At common law, the husband could not be tenant by the curtesy of a use;29 but it is now settled in equity, that he may be a tenant by the curtesy of an equity of redemption, and of lands of which the wife had only a seizin in equity as a cestui que trust. So, if money be agreed to be laid out in the purchase of land, the money is considered as land in the view of a court of equity, and the husband will be allowed his curtesy.30 Though the husband be entitled to his curtesy in a trust estate, it has been a questionable point whether it must not be such a trust estate as will give him an equitable seizin. The wife must have had a seizin of the freehold and inheritance, simul et semel, either at law or in equity, during the coverture.31 In Roberts v. Dixwell,32 Lord Hardwicke held, that the husband might have his curtesy in an estate devised to the wife for her separate use; but afterwards he declared, that a seizin in law, or in equity, was essential to a tenancy by curtesy. The opinions of Lord Hardwicke in Hearle v. Greenbank, and Roberts v. Dixwell, are conflicting, and cannot be reconciled; and it would seem to have followed, that if the equitable freehold was out in trustees for the separate use of the wife, and kept distinct during the coverture from her equitable remainder in fee, that she wanted that seizin of the entire equitable estate requisite to a tenancy by the curtesy.

But it is now settled otherwise, and the husband is tenant by the curtesy if the wife has an equitable estate of inheritance, notwithstanding the rents and profits are to be paid to her separate use during the coverture. The receipt of the rents and profits are a sufficient seizin in the wife.33 And if lands be devised to the wife for her separate and exclusive use, and with a clear and distinct expression that the husband was not to have any life estate or other interest, but the same was to be for the wife and her heirs; in that case, the Court of Chancery will consider the husband a trustee for the wife and her heirs, and bar him of his curtesy.34 But the husband of a mortgagee in fee is not entitled to his curtesy, though the estate becomes absolute at law, unless there has been a foreclosure, or unless the mortgage has subsisted so long a time as to create a bar to the redemption.35 The rule has now become common learning, and it is well understood that the rights existing in or flowing from the mortgagee, are subject to the claims of the equity of redemption, so long as the same remains in force.
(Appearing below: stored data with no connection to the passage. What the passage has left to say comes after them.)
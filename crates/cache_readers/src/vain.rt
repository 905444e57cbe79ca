//! Why a look at a chunk was in vain.

/// Why a look at a chunk to which the index leads was in vain, as contracts name it. No value of it is handed out.
pub enum Vain {
    /// Its item has another key.
    Other,

    /// It has the key, and has expired: the search is over.
    Over,

    /// The life to which the index led has ended, or its chunk can't be held: the search begins anew. Of such a look
    /// nothing else is claimed.
    Ended,
}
Curtesy applies to qualified as well as to absolute estates in fee, but the distinctions on this point are quite abstruse and subtle. It was declared in Paine’s case,36 to be the common law, that if lands had been given to a woman, and the heirs of her body, and she married and had issue which died, and then the wife died without issue, whereby the estate of the wife was determined, and the inheritance of the land reverted to the donor, yet the husband would be entitled to hold the estate tail for life as tenant by the curtesy, for that was implied in the gift. So, where an estate was devised to a woman in fee, with a devise over in case she died under the age of twenty-one without issue. She married, had issue which died, and then she died under age, by which the devise over took effect; still it was held, that the husband was entitled to his curtesy.37 But there are several cases in which curtesy as well as dower ceases upon the determination of the estate, and this upon the maxim, that the derivative estate cannot continue longer than the primitive estate, cessante statu primitivo cessat derivativus.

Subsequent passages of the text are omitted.